[Saved data entries]
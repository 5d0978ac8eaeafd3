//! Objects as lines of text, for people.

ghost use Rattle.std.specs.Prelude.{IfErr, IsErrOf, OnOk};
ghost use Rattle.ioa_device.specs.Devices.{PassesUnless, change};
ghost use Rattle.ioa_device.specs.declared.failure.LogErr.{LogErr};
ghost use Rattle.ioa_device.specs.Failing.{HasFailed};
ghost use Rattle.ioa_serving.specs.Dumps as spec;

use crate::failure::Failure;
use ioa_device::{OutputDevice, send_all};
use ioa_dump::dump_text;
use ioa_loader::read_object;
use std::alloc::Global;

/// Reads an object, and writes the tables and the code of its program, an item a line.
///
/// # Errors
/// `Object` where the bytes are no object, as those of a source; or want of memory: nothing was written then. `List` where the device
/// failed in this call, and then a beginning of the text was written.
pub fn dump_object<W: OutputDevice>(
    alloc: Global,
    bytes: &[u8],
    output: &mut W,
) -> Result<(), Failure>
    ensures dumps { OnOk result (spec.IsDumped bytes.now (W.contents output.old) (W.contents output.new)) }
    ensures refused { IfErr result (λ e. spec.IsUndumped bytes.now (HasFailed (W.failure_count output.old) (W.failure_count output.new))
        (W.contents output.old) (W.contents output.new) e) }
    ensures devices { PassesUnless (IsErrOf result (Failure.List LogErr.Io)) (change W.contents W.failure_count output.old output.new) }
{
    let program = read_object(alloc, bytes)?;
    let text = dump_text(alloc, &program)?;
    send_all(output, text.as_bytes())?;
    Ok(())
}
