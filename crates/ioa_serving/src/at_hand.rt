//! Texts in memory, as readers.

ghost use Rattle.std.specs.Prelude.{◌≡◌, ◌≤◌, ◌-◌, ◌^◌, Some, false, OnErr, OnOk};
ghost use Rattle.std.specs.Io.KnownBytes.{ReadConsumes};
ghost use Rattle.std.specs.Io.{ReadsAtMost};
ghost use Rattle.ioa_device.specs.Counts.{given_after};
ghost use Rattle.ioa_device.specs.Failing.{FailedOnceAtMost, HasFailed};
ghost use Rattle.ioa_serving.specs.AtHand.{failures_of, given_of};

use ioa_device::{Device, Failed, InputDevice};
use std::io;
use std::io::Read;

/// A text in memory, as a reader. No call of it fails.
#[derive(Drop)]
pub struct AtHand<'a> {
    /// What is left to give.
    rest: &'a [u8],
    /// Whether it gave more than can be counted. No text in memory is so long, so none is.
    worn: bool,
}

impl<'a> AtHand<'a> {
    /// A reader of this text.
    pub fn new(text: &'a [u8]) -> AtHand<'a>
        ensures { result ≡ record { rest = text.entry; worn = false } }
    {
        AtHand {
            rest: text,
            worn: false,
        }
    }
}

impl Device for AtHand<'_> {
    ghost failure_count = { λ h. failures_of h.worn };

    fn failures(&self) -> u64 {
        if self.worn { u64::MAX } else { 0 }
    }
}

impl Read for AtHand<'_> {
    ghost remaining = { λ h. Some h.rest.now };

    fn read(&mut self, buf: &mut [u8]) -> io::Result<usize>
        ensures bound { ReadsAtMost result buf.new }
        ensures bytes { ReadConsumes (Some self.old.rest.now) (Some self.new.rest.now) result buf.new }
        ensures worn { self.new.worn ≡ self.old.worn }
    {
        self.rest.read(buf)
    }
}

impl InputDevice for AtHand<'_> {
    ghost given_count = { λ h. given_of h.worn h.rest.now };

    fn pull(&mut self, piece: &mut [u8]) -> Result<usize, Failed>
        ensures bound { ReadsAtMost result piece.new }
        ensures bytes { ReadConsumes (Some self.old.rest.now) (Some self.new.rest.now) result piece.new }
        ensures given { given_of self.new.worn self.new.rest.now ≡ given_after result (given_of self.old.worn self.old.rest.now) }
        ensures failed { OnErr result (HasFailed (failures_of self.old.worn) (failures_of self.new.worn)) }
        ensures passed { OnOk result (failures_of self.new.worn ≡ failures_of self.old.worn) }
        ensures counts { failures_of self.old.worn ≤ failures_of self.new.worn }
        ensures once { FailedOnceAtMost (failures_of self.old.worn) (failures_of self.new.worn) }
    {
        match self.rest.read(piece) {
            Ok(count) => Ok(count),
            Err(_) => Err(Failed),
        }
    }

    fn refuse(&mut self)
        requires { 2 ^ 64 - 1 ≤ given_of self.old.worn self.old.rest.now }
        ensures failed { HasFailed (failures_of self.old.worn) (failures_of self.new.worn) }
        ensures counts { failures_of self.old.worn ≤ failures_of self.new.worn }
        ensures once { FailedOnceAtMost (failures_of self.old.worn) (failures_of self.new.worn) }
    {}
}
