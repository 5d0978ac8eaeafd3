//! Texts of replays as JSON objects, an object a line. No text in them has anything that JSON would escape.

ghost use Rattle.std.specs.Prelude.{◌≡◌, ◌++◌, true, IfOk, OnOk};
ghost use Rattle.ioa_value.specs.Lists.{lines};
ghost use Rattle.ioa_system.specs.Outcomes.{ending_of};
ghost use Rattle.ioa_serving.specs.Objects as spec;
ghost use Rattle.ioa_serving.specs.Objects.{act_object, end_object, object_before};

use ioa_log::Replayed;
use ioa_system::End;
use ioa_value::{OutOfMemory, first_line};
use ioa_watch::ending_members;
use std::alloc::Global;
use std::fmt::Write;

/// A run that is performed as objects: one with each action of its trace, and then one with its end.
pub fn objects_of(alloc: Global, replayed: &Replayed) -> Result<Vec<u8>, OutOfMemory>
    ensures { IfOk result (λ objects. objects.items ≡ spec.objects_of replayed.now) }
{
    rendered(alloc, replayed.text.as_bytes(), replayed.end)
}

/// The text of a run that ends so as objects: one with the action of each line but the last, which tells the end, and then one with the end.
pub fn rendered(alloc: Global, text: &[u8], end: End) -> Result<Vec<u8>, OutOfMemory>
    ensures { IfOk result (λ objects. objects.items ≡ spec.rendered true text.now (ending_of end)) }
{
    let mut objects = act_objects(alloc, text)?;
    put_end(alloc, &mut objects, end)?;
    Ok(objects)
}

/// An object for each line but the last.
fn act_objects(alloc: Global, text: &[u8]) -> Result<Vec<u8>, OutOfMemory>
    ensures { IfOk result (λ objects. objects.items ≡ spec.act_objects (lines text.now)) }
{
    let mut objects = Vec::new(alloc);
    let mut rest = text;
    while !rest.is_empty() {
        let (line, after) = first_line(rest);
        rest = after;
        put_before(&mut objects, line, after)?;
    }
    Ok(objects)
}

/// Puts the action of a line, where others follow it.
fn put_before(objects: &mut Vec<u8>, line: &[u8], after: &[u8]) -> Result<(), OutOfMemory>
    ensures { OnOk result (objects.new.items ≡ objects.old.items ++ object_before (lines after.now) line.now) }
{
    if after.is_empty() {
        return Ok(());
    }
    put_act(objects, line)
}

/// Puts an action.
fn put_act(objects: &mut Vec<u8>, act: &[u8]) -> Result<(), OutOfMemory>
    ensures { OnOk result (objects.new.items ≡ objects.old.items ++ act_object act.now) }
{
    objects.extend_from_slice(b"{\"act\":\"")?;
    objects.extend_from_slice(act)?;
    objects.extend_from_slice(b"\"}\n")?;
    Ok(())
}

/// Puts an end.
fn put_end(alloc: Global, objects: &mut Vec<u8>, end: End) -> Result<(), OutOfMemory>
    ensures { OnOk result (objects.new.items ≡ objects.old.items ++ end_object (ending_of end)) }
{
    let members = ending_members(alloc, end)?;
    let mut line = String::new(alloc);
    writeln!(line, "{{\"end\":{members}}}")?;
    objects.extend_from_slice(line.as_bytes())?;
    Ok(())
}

Exercise aim » List every line above that holds the word "bound".

Task output »
        ensures bound { ReadsAtMost result buf.new }
        ensures bound { ReadsAtMost result piece.new }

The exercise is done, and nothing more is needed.